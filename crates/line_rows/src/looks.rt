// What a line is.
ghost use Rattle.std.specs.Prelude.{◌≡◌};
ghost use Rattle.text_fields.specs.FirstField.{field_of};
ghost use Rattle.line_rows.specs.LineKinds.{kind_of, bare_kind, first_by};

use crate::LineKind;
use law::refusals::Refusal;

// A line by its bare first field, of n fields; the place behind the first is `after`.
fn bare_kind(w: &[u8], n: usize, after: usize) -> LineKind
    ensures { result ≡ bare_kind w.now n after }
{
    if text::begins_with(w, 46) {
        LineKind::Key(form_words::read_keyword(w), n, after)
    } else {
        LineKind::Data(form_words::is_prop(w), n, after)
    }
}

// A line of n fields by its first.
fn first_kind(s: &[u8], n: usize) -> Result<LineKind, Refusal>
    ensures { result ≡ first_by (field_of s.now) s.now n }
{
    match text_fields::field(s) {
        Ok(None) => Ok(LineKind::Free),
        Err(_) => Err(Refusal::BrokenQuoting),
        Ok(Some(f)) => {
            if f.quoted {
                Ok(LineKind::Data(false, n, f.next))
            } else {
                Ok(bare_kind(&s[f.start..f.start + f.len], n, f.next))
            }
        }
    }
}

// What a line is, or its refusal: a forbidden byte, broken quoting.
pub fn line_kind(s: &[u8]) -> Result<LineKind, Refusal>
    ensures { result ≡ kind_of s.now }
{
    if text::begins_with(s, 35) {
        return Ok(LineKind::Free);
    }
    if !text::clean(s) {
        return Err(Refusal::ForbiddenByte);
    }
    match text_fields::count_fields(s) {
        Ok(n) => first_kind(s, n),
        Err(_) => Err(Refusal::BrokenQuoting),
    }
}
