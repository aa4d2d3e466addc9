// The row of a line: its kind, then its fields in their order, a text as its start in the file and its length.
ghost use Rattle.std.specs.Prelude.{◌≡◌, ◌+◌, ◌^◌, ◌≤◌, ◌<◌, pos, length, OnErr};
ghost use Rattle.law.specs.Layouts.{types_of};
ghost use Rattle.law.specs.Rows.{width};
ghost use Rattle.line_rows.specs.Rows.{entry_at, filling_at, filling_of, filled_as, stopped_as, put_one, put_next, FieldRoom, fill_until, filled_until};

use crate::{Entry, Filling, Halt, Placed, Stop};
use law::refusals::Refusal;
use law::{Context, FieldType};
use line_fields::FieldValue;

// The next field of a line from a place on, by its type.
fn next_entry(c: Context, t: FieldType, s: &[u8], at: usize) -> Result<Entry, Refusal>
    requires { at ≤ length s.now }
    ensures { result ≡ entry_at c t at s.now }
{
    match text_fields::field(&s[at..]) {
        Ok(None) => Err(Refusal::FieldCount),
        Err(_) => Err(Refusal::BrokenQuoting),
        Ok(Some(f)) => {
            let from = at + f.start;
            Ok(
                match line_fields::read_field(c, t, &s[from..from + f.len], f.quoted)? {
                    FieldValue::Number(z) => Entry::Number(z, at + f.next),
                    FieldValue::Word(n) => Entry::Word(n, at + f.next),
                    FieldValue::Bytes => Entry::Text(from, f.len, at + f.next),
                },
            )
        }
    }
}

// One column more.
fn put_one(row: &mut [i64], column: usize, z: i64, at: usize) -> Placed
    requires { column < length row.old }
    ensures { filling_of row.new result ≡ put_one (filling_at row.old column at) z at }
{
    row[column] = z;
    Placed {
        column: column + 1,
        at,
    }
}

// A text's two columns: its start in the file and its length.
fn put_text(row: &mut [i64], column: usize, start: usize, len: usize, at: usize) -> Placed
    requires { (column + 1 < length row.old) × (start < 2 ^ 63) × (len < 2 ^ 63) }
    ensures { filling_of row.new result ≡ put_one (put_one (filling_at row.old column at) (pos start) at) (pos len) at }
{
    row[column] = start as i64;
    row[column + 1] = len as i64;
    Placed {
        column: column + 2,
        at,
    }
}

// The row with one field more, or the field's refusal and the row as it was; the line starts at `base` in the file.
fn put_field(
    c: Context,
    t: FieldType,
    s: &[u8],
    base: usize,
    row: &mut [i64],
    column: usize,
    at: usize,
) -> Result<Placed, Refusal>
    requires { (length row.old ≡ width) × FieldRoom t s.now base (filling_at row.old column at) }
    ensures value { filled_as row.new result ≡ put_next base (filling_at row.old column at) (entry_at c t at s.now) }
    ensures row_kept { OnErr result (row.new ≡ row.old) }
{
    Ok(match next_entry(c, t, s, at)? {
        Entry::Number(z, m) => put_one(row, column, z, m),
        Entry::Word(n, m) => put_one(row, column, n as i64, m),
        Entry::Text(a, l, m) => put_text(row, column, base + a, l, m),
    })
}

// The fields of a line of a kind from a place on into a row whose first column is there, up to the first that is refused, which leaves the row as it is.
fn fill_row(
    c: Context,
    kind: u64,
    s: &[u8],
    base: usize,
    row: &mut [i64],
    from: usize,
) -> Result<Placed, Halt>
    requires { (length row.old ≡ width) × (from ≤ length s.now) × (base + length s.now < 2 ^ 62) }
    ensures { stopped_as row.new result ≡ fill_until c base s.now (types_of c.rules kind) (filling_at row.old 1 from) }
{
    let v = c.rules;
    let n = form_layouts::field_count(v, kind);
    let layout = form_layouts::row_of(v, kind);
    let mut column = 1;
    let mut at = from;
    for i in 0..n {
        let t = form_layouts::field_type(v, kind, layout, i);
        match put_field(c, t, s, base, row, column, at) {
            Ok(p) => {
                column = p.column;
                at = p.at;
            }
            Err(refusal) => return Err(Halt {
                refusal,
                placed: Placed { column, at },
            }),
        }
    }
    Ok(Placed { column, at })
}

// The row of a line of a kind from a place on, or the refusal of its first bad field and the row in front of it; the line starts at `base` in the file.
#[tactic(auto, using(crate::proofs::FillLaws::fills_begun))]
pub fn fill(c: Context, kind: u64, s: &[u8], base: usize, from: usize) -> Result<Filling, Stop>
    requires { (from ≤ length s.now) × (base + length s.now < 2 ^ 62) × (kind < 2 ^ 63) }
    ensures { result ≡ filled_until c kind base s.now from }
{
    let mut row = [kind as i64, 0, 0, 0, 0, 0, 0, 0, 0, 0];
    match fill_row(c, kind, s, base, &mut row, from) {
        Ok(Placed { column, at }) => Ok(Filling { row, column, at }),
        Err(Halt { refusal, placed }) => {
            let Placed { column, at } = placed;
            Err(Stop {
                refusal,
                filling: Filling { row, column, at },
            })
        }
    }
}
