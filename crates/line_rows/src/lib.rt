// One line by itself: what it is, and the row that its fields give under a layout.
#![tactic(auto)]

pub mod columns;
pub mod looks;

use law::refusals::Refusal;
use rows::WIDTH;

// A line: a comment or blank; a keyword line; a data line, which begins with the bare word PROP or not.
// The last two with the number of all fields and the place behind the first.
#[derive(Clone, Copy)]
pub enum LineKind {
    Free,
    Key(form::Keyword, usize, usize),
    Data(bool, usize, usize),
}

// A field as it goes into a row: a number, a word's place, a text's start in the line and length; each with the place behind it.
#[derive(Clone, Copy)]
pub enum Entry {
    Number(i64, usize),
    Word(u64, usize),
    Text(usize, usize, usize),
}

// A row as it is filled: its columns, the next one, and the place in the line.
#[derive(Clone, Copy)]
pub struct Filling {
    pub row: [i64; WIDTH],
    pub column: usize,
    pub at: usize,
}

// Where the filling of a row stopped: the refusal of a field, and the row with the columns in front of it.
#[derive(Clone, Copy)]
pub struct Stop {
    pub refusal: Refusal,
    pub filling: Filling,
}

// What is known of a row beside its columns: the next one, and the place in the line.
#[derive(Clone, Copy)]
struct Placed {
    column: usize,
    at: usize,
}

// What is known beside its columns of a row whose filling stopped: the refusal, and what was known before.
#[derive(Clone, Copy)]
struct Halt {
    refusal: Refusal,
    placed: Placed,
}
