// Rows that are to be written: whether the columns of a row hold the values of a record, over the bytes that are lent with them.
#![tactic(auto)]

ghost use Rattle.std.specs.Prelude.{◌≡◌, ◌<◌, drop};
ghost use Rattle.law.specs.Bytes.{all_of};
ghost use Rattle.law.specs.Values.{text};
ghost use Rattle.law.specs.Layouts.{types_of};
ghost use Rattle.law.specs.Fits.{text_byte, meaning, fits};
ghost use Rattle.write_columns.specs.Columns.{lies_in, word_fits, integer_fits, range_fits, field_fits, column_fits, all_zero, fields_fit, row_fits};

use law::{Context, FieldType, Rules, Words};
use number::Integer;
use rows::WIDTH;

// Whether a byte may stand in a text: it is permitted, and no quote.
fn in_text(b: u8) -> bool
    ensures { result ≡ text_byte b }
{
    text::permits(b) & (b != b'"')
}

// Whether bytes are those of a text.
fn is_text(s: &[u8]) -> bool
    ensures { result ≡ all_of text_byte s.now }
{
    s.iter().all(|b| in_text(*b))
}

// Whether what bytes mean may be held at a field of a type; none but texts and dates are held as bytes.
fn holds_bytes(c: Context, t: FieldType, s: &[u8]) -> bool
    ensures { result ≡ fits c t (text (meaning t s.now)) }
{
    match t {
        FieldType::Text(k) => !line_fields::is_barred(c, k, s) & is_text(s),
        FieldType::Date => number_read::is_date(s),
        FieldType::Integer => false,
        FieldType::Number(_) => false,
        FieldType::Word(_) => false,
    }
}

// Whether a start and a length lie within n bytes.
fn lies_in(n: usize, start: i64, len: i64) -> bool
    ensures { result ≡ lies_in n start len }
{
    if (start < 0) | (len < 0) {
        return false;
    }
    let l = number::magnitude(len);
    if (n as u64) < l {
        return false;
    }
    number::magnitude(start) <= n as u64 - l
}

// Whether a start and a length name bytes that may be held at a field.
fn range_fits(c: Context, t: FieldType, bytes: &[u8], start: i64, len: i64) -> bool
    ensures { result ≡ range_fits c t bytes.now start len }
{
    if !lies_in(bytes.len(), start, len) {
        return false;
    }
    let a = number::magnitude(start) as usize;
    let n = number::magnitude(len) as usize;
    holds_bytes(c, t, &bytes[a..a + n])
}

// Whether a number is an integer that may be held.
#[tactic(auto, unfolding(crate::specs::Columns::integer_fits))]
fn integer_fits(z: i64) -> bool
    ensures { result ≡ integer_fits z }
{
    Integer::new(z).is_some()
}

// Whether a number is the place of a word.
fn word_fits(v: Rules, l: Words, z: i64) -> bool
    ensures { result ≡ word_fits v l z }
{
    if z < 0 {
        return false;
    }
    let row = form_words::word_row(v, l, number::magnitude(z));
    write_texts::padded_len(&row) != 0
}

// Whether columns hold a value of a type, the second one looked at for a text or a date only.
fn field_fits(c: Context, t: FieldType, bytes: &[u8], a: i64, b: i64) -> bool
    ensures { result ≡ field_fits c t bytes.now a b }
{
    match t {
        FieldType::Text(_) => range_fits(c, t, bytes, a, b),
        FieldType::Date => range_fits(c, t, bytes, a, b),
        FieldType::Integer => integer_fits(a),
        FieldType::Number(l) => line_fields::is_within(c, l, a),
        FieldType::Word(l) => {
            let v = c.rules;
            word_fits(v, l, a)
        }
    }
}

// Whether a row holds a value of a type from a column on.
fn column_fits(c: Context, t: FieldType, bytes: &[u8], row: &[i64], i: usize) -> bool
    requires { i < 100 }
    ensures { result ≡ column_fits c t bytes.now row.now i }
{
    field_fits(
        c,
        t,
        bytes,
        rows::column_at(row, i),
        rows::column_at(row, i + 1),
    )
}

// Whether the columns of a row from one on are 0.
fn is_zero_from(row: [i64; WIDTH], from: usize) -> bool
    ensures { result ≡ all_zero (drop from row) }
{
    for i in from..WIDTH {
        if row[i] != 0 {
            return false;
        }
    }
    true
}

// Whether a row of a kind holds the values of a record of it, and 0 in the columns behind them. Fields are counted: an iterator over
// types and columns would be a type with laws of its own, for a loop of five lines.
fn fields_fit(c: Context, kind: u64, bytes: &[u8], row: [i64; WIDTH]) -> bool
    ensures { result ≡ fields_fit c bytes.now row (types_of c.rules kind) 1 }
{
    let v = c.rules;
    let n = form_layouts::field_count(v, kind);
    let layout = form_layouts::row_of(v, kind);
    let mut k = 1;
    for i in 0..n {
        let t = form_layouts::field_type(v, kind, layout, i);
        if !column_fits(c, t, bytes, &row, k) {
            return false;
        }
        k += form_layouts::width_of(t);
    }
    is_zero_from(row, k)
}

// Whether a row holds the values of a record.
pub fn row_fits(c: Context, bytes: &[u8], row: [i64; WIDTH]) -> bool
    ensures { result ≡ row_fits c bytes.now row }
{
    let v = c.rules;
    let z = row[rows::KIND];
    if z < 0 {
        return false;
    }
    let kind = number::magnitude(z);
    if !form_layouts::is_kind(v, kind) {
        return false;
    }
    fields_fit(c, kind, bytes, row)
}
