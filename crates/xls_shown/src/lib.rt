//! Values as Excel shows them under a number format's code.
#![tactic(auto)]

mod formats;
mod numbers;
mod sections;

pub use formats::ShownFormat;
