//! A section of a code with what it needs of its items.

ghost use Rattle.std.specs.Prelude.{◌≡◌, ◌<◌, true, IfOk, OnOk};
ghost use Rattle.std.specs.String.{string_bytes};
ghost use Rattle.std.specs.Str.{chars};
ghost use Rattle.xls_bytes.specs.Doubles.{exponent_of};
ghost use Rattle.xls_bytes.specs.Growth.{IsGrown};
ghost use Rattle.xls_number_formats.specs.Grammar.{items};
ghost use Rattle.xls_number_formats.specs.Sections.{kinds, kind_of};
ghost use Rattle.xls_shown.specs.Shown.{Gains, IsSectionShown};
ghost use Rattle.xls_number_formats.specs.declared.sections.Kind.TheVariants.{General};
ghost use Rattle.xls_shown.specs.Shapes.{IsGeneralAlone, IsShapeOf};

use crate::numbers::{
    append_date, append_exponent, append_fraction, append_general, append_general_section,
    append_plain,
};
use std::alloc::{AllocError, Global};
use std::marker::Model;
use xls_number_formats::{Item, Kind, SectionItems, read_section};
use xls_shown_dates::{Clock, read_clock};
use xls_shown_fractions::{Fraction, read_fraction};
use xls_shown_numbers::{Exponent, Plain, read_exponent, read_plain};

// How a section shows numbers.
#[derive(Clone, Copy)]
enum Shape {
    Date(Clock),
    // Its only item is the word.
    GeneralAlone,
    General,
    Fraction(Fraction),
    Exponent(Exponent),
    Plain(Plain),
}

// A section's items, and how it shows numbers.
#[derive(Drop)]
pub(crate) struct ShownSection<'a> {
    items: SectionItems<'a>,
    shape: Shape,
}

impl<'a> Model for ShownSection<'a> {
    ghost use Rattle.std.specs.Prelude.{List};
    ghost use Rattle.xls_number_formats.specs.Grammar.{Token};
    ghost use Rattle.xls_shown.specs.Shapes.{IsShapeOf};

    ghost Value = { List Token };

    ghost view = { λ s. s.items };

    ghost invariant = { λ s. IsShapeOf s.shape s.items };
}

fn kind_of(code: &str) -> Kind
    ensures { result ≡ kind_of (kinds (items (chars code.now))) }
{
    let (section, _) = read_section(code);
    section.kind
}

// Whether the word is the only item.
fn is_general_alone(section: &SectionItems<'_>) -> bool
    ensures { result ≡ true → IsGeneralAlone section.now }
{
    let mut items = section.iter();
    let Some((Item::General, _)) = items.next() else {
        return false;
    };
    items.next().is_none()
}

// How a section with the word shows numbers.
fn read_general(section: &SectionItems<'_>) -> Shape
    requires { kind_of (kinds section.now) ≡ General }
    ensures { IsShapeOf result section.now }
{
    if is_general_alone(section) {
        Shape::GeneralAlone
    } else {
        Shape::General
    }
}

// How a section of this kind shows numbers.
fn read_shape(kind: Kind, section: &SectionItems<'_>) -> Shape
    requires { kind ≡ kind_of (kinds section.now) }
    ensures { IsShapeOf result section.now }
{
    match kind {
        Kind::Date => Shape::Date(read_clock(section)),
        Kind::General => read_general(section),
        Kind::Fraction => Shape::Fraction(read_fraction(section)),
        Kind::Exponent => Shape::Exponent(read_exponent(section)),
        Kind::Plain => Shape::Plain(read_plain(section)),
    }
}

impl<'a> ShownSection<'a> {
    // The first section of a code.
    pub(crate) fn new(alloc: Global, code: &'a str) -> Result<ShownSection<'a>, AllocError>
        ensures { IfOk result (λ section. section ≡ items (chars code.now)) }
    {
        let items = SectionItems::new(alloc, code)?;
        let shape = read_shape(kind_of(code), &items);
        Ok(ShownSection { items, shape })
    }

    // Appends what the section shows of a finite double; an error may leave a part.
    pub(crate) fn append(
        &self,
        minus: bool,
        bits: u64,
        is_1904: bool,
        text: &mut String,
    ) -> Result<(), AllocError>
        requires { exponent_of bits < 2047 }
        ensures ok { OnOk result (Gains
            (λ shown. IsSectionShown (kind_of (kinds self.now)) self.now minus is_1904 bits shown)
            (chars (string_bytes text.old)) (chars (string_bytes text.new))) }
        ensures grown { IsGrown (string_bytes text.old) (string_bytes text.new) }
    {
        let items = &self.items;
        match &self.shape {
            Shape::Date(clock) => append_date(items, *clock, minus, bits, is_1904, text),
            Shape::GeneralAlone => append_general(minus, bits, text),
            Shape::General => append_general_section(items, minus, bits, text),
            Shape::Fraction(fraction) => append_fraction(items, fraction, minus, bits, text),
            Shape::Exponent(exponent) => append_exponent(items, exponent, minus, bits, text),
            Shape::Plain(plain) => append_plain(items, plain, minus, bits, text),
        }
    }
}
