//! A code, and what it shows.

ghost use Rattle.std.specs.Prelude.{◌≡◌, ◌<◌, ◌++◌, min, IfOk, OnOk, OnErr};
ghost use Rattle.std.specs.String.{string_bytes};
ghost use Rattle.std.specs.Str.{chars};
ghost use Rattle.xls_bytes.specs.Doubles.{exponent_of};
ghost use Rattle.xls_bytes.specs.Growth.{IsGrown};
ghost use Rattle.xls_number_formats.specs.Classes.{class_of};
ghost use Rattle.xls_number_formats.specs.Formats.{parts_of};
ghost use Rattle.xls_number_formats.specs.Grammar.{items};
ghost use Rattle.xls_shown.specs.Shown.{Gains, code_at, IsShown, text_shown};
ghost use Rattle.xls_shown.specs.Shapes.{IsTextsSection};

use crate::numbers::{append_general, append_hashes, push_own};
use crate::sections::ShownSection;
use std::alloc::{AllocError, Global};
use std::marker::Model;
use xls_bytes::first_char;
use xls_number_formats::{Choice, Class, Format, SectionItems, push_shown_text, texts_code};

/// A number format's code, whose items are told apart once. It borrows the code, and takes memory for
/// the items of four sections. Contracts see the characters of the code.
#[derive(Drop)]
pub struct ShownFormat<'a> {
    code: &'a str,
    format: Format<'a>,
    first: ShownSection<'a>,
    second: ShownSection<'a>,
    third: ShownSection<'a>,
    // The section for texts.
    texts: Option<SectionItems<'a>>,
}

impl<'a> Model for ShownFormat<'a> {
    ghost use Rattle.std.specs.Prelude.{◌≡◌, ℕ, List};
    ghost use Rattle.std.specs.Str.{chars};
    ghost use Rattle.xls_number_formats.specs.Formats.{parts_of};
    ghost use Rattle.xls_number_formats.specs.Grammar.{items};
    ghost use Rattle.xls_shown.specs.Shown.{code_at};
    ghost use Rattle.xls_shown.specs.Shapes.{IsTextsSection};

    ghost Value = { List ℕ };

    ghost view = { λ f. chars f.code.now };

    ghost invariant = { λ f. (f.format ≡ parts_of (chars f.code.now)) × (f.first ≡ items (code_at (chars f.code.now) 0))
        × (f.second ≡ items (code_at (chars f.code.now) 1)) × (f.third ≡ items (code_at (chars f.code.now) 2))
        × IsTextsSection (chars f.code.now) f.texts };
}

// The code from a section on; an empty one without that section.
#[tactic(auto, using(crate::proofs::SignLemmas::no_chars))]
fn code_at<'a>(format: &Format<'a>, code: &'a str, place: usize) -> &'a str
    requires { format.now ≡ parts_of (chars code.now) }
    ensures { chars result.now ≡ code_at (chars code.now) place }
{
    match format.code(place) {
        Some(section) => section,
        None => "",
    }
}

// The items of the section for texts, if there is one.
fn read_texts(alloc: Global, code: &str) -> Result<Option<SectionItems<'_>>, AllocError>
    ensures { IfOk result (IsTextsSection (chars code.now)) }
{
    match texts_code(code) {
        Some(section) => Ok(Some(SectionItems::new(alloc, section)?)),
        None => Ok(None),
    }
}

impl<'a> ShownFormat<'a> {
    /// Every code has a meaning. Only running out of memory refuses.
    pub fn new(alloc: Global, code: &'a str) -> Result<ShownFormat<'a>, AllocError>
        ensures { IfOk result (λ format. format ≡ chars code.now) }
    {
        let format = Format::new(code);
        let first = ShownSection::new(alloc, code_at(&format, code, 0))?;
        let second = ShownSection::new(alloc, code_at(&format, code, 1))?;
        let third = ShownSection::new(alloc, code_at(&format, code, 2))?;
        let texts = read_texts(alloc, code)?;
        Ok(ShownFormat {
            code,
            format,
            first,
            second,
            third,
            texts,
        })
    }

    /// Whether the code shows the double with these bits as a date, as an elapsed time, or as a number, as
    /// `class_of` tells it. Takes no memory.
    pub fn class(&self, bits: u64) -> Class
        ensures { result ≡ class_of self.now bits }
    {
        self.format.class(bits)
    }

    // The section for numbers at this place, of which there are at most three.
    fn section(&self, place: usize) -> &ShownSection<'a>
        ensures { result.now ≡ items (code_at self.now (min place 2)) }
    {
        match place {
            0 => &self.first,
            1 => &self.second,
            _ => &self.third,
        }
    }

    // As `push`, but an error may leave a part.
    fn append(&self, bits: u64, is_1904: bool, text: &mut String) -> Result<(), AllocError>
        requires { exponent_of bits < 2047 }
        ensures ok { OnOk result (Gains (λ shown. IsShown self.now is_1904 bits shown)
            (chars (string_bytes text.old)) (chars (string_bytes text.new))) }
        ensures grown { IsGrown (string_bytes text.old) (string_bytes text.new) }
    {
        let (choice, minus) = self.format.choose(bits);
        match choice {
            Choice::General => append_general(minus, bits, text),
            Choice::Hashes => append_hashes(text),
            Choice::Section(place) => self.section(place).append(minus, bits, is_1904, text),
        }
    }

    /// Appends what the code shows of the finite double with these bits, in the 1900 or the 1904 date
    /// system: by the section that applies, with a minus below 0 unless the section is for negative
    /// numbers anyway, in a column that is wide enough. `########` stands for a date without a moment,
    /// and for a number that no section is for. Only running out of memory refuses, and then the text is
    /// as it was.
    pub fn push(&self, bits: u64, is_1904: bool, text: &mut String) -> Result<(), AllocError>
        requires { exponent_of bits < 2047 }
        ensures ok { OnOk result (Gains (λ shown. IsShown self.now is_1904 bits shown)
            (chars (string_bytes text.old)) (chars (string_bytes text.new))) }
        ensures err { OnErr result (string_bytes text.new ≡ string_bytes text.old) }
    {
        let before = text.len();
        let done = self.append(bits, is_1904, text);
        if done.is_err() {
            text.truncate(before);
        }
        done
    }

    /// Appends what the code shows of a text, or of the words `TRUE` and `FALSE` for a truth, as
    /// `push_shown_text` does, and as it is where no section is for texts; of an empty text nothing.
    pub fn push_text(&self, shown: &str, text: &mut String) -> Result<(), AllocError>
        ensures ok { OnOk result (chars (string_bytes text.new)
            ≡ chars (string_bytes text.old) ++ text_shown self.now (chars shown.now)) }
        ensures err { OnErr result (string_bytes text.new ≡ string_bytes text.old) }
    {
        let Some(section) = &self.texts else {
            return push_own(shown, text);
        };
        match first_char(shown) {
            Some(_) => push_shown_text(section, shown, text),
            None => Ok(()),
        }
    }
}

.....

Copy out the lines above exactly, beginning at the one that contains "but an error may leave a part." and ending at the one that contains "let Some(section) = &self.texts".

    // As `push`, but an error may leave a part.
    fn append(&self, bits: u64, is_1904: bool, text: &mut String) -> Result<(), AllocError>
        requires { exponent_of bits < 2047 }
        ensures ok { OnOk result (Gains (λ shown. IsShown self.now is_1904 bits shown)
            (chars (string_bytes text.old)) (chars (string_bytes text.new))) }
        ensures grown { IsGrown (string_bytes text.old) (string_bytes text.new) }
    {
        let (choice, minus) = self.format.choose(bits);
        match choice {
            Choice::General => append_general(minus, bits, text),
            Choice::Hashes => append_hashes(text),
            Choice::Section(place) => self.section(place).append(minus, bits, is_1904, text),
        }
    }

    /// Appends what the code shows of the finite double with these bits, in the 1900 or the 1904 date
    /// system: by the section that applies, with a minus below 0 unless the section is for negative
    /// numbers anyway, in a column that is wide enough. `########` stands for a date without a moment,
    /// and for a number that no section is for. Only running out of memory refuses, and then the text is
    /// as it was.
    pub fn push(&self, bits: u64, is_1904: bool, text: &mut String) -> Result<(), AllocError>
        requires { exponent_of bits < 2047 }
        ensures ok { OnOk result (Gains (λ shown. IsShown self.now is_1904 bits shown)
            (chars (string_bytes text.old)) (chars (string_bytes text.new))) }
        ensures err { OnErr result (string_bytes text.new ≡ string_bytes text.old) }
    {
        let before = text.len();
        let done = self.append(bits, is_1904, text);
        if done.is_err() {
            text.truncate(before);
        }
        done
    }

    /// Appends what the code shows of a text, or of the words `TRUE` and `FALSE` for a truth, as
    /// `push_shown_text` does, and as it is where no section is for texts; of an empty text nothing.
    pub fn push_text(&self, shown: &str, text: &mut String) -> Result<(), AllocError>
        ensures ok { OnOk result (chars (string_bytes text.new)
            ≡ chars (string_bytes text.old) ++ text_shown self.now (chars shown.now)) }
        ensures err { OnErr result (string_bytes text.new ≡ string_bytes text.old) }
    {
        let Some(section) = &self.texts else {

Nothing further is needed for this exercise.